Posted to java-commits@lucene.apache.org by rm...@apache.org on 2010/04/02 07:00:53 UTC
svn commit: r930163 - in /lucene/dev/trunk/solr: CHANGES.txt
src/java/org/apache/solr/analysis/ShingleFilterFactory.java
src/test/org/apache/solr/analysis/TestShingleFilterFactory.java
Author: rmuir
Date: Fri Apr 2 05:00:53 2010
New Revision: 930163
URL: http://svn.apache.org/viewvc?rev=930163&view=rev
Log:
SOLR-1740: ShingleFilterFactory improvements
Modified:
lucene/dev/trunk/solr/CHANGES.txt
lucene/dev/trunk/solr/src/java/org/apache/solr/analysis/ShingleFilterFactory.java
lucene/dev/trunk/solr/src/test/org/apache/solr/analysis/TestShingleFilterFactory.java
Modified: lucene/dev/trunk/solr/CHANGES.txt
URL: http://svn.apache.org/viewvc/lucene/dev/trunk/solr/CHANGES.txt?rev=930163&r1=930162&r2=930163&view=diff
==============================================================================
--- lucene/dev/trunk/solr/CHANGES.txt (original)
+++ lucene/dev/trunk/solr/CHANGES.txt Fri Apr 2 05:00:53 2010
@@ -135,6 +135,10 @@ New Features
TokenFilters now support custom Attributes, and some have improved performance:
especially WordDelimiterFilter and CommonGramsFilter. (rmuir, cmale, uschindler)
+* SOLR-1740: ShingleFilterFactory supports the "minShingleSize" and "tokenSeparator"
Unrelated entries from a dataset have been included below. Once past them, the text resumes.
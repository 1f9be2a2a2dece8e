// Those who sit at the terminals of a server, and what they press.
use crate::book::Book;
use mgs_acl::{List, read_entry};
use mgs_journal::Journal;
use mgs_keep::Kept;
use mgs_marks::PlainMarked;
use mgs_model::{Keyed, SessionId};
use mgs_policy::Directory;
use mgs_store::{RefusingStore, Store};
use mgs_wire::Sessions;
use std::alloc::Global;
use std::process::Abort;

/// A server with a journal of tests.
pub(crate) type Server = Kept<PlainMarked, RefusingStore, Book>;

/// An access list of these entries.
pub(crate) fn list_of(entries: &[&str], rt: &impl Abort) -> List {
    let mut list = List::new();
    for entry in entries {
        match read_entry(entry) {
            Ok(entry) => assert!(rt; list.insert(list.len(), entry).is_ok()),
            Err(_) => panic!(rt; "no entry"),
        }
    }
    list
}

/// Ann and bob.
pub(crate) fn users(alloc: Global, rt: &impl Abort) -> Directory {
    let mut directory = Directory::new(alloc);
    for &user in &["ann", "bob"] {
        assert!(rt; directory.add_user(user).is_ok());
    }
    directory
}

/// Opens a session of a user.
pub(crate) fn sit<S: Store + Drop, J: Journal + Drop>(
    server: &mut Kept<PlainMarked, S, J>,
    user: &str,
    rt: &impl Abort,
) -> SessionId {
    match server.open(user, 6, 20) {
        Ok(id) => id,
        Err(_) => panic!(rt; "not opened"),
    }
}

/// Presses keys until one is not done.
pub(crate) fn press<S: Store + Drop, J: Journal + Drop>(
    server: &mut Kept<PlainMarked, S, J>,
    id: SessionId,
    keys: &[u8],
) -> Keyed {
    for key in keys {
        let answer = server.byte(id, *key);
        if answer != Keyed::Done {
            return answer;
        }
    }
    Keyed::Done
}
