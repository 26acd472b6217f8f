//! The arbitrator.
ghost use Rattle.std.specs.Prelude.{◌≡◌, ◌≢◌, ◌+◌, ◌-◌, ◌<◌, ◌≤◌, ◌↔◌, true, false, Some, None, length, IsTrue, IsErr, IsSomeAnd, IfSome, IfNone, IfOk, IfErr, OnOk, OnErr, option_map};
ghost use Rattle.vx_arb.specs.Books.{IsBooks, Asked, Stands, IsReclaimed, new_books, after_admit, after_begin, request_for, is_met, share_of, moved_of, wanted_of, with_given, after_taking, after_shrink, after_reclaim, shrink_entry, reclaim_entry, with_taken, after_move, after_look, after_grant, is_unmet, is_unmet_total, cause_of, note_for, after_abort, after_retire, is_requester};
ghost use Rattle.vx_arb.specs.Rows.{is_live, capacity_at, max_at, max_in, IsTied};
ghost use Rattle.vx_arb.specs.Members.{IsWithin};
ghost use Rattle.vx_arb.specs.Unmet.{IsJust};
ghost use Rattle.vx_arb.specs.Keeping.{Takes, MayTake};

use crate::requests::{Lacking, Request};
use crate::rows::{
    capacity_in, has_largest, holds_job, max_for, max_where_live, set_capacity, take_out,
    with_one_less,
};
use crate::sights::{all_emptied, none_unused, nothing_left};
use crate::{AbortNote, Admitted, Entry, Live, Look, Member, NoteCause, Standing};
use std::alloc::{AllocError, Global};
use std::marker::Model;
use vx_account::Names;
use vx_pool::Share;

// No more jobs are live than this: looks are counted in 32 bits.
const MOST_JOBS: usize = 4_294_967_295;

/// What hands out one capacity among jobs. Contracts see it as its books.
#[derive(Drop)]
pub struct Arb<L> {
    total: u64,
    free: Share<L>,
    log: Vec<Entry>,
    live: Vec<Live>,
    admitted: Vec<Admitted>,
    requests: u64,
    standing: Option<Standing>,
    // For how many more entries the log has room.
    spare: u64,
    alloc: Global,
}

impl<L> Model for Arb<L> {
    ghost use Rattle.vx_arb.specs.Books.{Books};

    ghost Value = { Books };

    ghost use Rattle.std.specs.Prelude.{vec_capacity};
    ghost use Rattle.vx_arb.specs.Fields.{books_of};
    ghost use Rattle.vx_arb.specs.Keeping.{IsKept};

    ghost view = { books_of };

    ghost invariant = { λ arb. IsKept (books_of arb) (vec_capacity arb.log) };
}

// Of a shrink an entry is written where something was moved.
fn entry_of_shrink(job: u32, moved: u64) -> Option<Entry>
    ensures { result ≡ shrink_entry job moved }
{
    if moved == 0 {
        return None;
    }
    Some(Entry::Shrink { job, amount: moved })
}

// Of a reclaim an entry is written where something was freed.
fn entry_of_reclaim(job: u32, freed: u64, moved: u64) -> Option<Entry>
    ensures { result ≡ reclaim_entry job freed moved }
{
    if freed == 0 {
        return entry_of_shrink(job, moved);
    }
    Some(Entry::Reclaim { job, amount: moved })
}
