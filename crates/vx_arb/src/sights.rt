//! What the looks of a request say together.
ghost use Rattle.std.specs.Prelude.{◌≡◌, ◌==◌, position};
ghost use Rattle.vx_arb.specs.declared.entries.Look.{Look};
ghost use Rattle.std.specs.List.{list_all};
ghost use Rattle.vx_arb.specs.declared.rows.Live.{Live};
ghost use Rattle.vx_arb.specs.Unmet.{saw_nothing, saw_no_unused};

use crate::{Live, Look};

// Where the look of a job stands.
pub fn seat_of(looks: &[Look], job: u32) -> Option<usize>
    ensures { result ≡ position (λ (look : Look). look.job == job) looks.now }
{
    looks.iter().position(|look| look.job == job)
}

// Whether a look saw that a job had nothing to reclaim.
pub fn nothing_left(looks: &[Look], job: u32) -> bool
    ensures { result ≡ saw_nothing looks.now job }
{
    looks
        .iter()
        .any(|look| look.job == job && look.reclaimable == 0)
}

// Whether the looks saw that no live job had anything to reclaim.
pub fn all_emptied(live: &[Live], looks: &[Look]) -> bool
    ensures { result ≡ list_all (λ (row : Live). saw_nothing looks.now row.job) live.now }
{
    live.iter().all(|row| nothing_left(looks, row.job))
}

// Whether every look but that of one job saw no unused capacity.
pub fn none_unused(looks: &[Look], by: u32) -> bool
    ensures { result ≡ saw_no_unused looks.now by }
{
    looks.iter().all(|look| look.job == by || look.unused == 0)
}
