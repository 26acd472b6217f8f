//! Texts as chains of blocks.

use std::test::Fail;
use vx_arena::Arena;

#[test]
fn the_longest_text_takes_33_blocks(rt: HostRuntime) -> Result<(), Fail> {
    let mut arena = Arena::new(rt.alloc());
    let text = Vec::from_elem(rt.alloc(), 7u8, 65_535)?;
    let place = arena.take_text(&text)?;
    assert_eq!(rt; arena.taken(), 33);
    let mut read = Vec::new(rt.alloc());
    arena.read_text(place, 65_535, &mut read)?;
    assert!(rt; read == text);
    arena.give_text(place);
    assert_eq!(rt; arena.given(), 33);
    arena.take_text(&text)?;
    assert_eq!(rt; arena.taken(), 66);
    assert_eq!(rt; arena.held(), 131_072);
    Ok(())
}

#[test]
fn so_many_bytes_are_read_as_are_wanted(rt: HostRuntime) -> Result<(), Fail> {
    let mut arena = Arena::new(rt.alloc());
    let place = arena.take_text(b"thirteen byte")?;
    let mut read = Vec::new(rt.alloc());
    arena.read_text(place, 13, &mut read)?;
    assert_eq!(rt; read.as_slice(), b"thirteen byte".as_slice());
    arena.read_text(place, 8, &mut read)?;
    assert_eq!(rt; read.as_slice(), b"thirteen bytethirteen".as_slice());
    assert!(rt; !arena.equals(place, 13, b"thirteen bits"));
    Ok(())
}

#[test]
fn texts_stand_side_by_side(rt: HostRuntime) -> Result<(), Fail> {
    let mut arena = Arena::new(rt.alloc());
    let first = arena.take_text(b"the first text")?;
    let second = arena.take_text(b"another text, a little longer")?;
    assert_eq!(rt; arena.held(), 4_096);
    arena.give_text(first);
    assert!(rt; arena.equals(second, 29, b"another text, a little longer"));
    assert_eq!(rt; arena.taken(), 2);
    assert_eq!(rt; arena.given(), 1);
    Ok(())
}

#[test]
fn an_arena_that_is_cleared_holds_nothing(rt: HostRuntime) -> Result<(), Fail> {
    let mut arena = Arena::new(rt.alloc());
    arena.take_text(b"gone with its chunk")?;
    arena.clear();
    assert_eq!(rt; arena.held(), 0);
    assert_eq!(rt; arena.given(), 1);
    let place = arena.take_text(b"the next text is stored")?;
    assert!(rt; arena.equals(place, 23, b"the next text is stored"));
    Ok(())
}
+ parameters for controlling the minimum shingle size produced by the filter, and
+ the separator string that it uses, respectively. (Steven Rowe via rmuir)
+
Optimizations
----------------------
Modified: lucene/dev/trunk/solr/src/java/org/apache/solr/analysis/ShingleFilterFactory.java
URL: http://svn.apache.org/viewvc/lucene/dev/trunk/solr/src/java/org/apache/solr/analysis/ShingleFilterFactory.java?rev=930163&r1=930162&r2=930163&view=diff
==============================================================================
--- lucene/dev/trunk/solr/src/java/org/apache/solr/analysis/ShingleFilterFactory.java (original)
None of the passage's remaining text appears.